- Work to complete -
Print each line from the start of the records below up through the line where "may be new." is found, exactly as given.

(Stored data entries)
┄┄┄┄┄┄┄┄┄┄┄┄┄┄┄┄┄┄┄┄

//! Base folders: which BASE is one, and its files.

use base_file::BaseFault;
use base_folder::{OpenError, log_end};
use cmd_input::{folder_fault, folder_path, output_fault};
use cmd_status::Fault;
use disk_system::{RealDisk, Unknown, flush_path};
use std::collections::hash_map::RandomState;
use std::fs::DirEntry;
use std::hash::{BuildHasher, Hasher};
use std::{fs, io};

/// Whether the path is that of a folder.
pub fn is_folder(rt: &HostRuntime, path: &str) -> bool {
    match fs::metadata(rt, path) {
        Ok(found) => found.is_dir(),
        Err(_) => false,
    }
}

/// Syncs the name of a base folder with this many messages, if it has none: then it may be new.
pub fn flush_name<'a>(rt: &HostRuntime, base: &'a str, messages: usize) -> Result<(), Fault<'a>> {
    if messages > 0 {
        return Ok(());
    }
    let name = base.trim_end_matches('/');
    flush_path(rt.alloc(), rt, name).map_err(|fault| output_fault(fault, base))
}

/// Whether nothing was ever committed in the folder, and all its files can belong to a base folder.
pub fn is_unused<'a>(rt: &HostRuntime, base: &'a str) -> Result<bool, Fault<'a>> {
    let strange = is_strange(rt, base)?;
    let path = folder_path(rt, base)?;
    let mut disk = RealDisk::new(rt, Unknown);
    match log_end(rt.alloc(), &mut disk, path.as_str().as_bytes(), strange) {
        Ok(end) => Ok(end.records_len == 0),
        Err(OpenError::Wrong(_)) => Ok(false),
        Err(why) => Err(why.fault(base)),
    }
}

/// The hasher of look-ups. If the system gives no seed, that is a failed read.
pub fn hash_state<'a>(rt: &HostRuntime) -> Result<RandomState, Fault<'a>> {
    match RandomState::new(rt) {
        Ok(state) => Ok(state),
        Err(_) => Err(Fault::Base(BaseFault::Read)),
    }
}

/// A key for digests, as two halves.
pub fn drawn_key<'a>(rt: &HostRuntime) -> Result<(u64, u64), Fault<'a>> {
    let state = hash_state(rt)?;
    Ok((half_of(&state, 1), half_of(&state, 2)))
}

fn half_of(state: &RandomState, number: u8) -> u64 {
    let mut hasher = state.build_hasher();
    hasher.write(&[number]);
    hasher.finish()
}

/// Whether the folder has a file that cannot belong to a base folder.
pub fn is_strange<'a>(rt: &HostRuntime, base: &'a str) -> Result<bool, Fault<'a>> {
    let names = fs::read_dir(rt, base).map_err(|error| folder_fault(&error, base))?;
    for entry in names {
        if is_strange_entry(entry, base)? {
            return Ok(true);
        }
    }
    Ok(false)
}

// Whether the entry of a folder cannot belong to a base folder. A name that is no text cannot.
fn is_strange_entry<'a>(entry: io::Result<DirEntry>, base: &'a str) -> Result<bool, Fault<'a>> {
    match entry {
        Ok(entry) => Ok(!is_own(entry.file_name())),
        Err(error) if error.kind() == io::ErrorKind::InvalidFilename => Ok(true),
        Err(error) => Err(folder_fault(&error, base)),
    }
}

fn is_own(name: &str) -> bool {
    match name.rsplit_once('.') {
        Some(("messages" | "keys", digit)) => digit.len() == 1
            && digit.as_bytes()[0].is_ascii_digit(),
        Some((first, last)) => first == "outbound" && last == "new",
        None => name == "log" || name == "outbound",
    }
}
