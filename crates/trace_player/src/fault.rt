//! The errors of playing a trace: a wrong line, too long a text, a failed read or write, or out of
//! memory.
ghost use Rattle.std.specs.Prelude.{◌≡◌};
ghost use Rattle.trace_player.specs.Numbers.{fault_number};
ghost use Rattle.trace_player.specs.Faults.{fault_of};
ghost use Rattle.trace_player.specs.declared.fault.PlayFault.TheVariants as play_fault;

use counted_io::InputFault;
use std::alloc::AllocError;
use thiserror::Error;

/// Why a trace was not played.
#[derive(Clone, Copy, Debug, PartialEq, Eq, Error)]
pub enum PlayFault {
    /// The number, counted from 1, of the first line that is missing, malformed, or has a value
    /// that no meter has.
    #[error("line {0} of the trace is wrong")]
    Line(u64),
    /// The trace has more than 33,554,432 bytes.
    #[error("a trace of more than 33,554,432 bytes")]
    TooLong,
    /// A read failed.
    #[error("a read failed")]
    Read,
    /// A write failed.
    #[error("a write failed")]
    Write,
    /// Out of memory.
    #[error("out of memory")]
    Memory,
}

/// Returns the number of the fault, 1 to 5.
impl From<PlayFault> for u8 {
    ghost from_gives = { λ fault number. number ≡ fault_number fault };

    fn from(fault: PlayFault) -> u8 {
        match fault {
            PlayFault::Line(_) => 1,
            PlayFault::TooLong => 2,
            PlayFault::Read => 3,
            PlayFault::Write => 4,
            PlayFault::Memory => 5,
        }
    }
}

impl From<AllocError> for PlayFault {
    ghost from_gives = { λ _ fault. fault ≡ play_fault.Memory };

    fn from(_error: AllocError) -> PlayFault {
        PlayFault::Memory
    }
}

impl From<InputFault> for PlayFault {
    ghost from_gives = { λ input fault. fault ≡ fault_of input };

    fn from(fault: InputFault) -> PlayFault {
        match fault {
            InputFault::TooLong => PlayFault::TooLong,
            InputFault::Read => PlayFault::Read,
            InputFault::Memory => PlayFault::Memory,
        }
    }
}
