//! The client's side of one job at a meter: it opens an association, sends one request, and
//! releases the association (IEC 62056-5-3, IEC 62056-4-7).
//!
//! A [`Client`] performs no I/O. The program around it sends what [`Client::to_send`] returns,
//! feeds it the bytes of the meter's connection, and reads the outcome. The request is returned for
//! sending at most once, whatever the meter responds. `specs/Outcomes.antt` defines the outcome of
//! a connection's bytes and the messages to send; `specs/Standing.antt` the effect of each call.
#![tactic(auto)]

mod client;
mod job;
mod listening;
mod progress;
mod replying;
mod sending;

pub use client::Client;
pub use job::{Job, Outcome, Verb};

┄┄┄┄┄┄┄┄┄┄┄┄┄┄┄┄┄┄┄┄

- Expected output -
//! Base folders: which BASE is one, and its files.

use base_file::BaseFault;
use base_folder::{OpenError, log_end};
use cmd_input::{folder_fault, folder_path, output_fault};
use cmd_status::Fault;
use disk_system::{RealDisk, Unknown, flush_path};
use std::collections::hash_map::RandomState;
use std::fs::DirEntry;
use std::hash::{BuildHasher, Hasher};
use std::{fs, io};

/// Whether the path is that of a folder.
pub fn is_folder(rt: &HostRuntime, path: &str) -> bool {
    match fs::metadata(rt, path) {
        Ok(found) => found.is_dir(),
        Err(_) => false,
    }
}

/// Syncs the name of a base folder with this many messages, if it has none: then it may be new.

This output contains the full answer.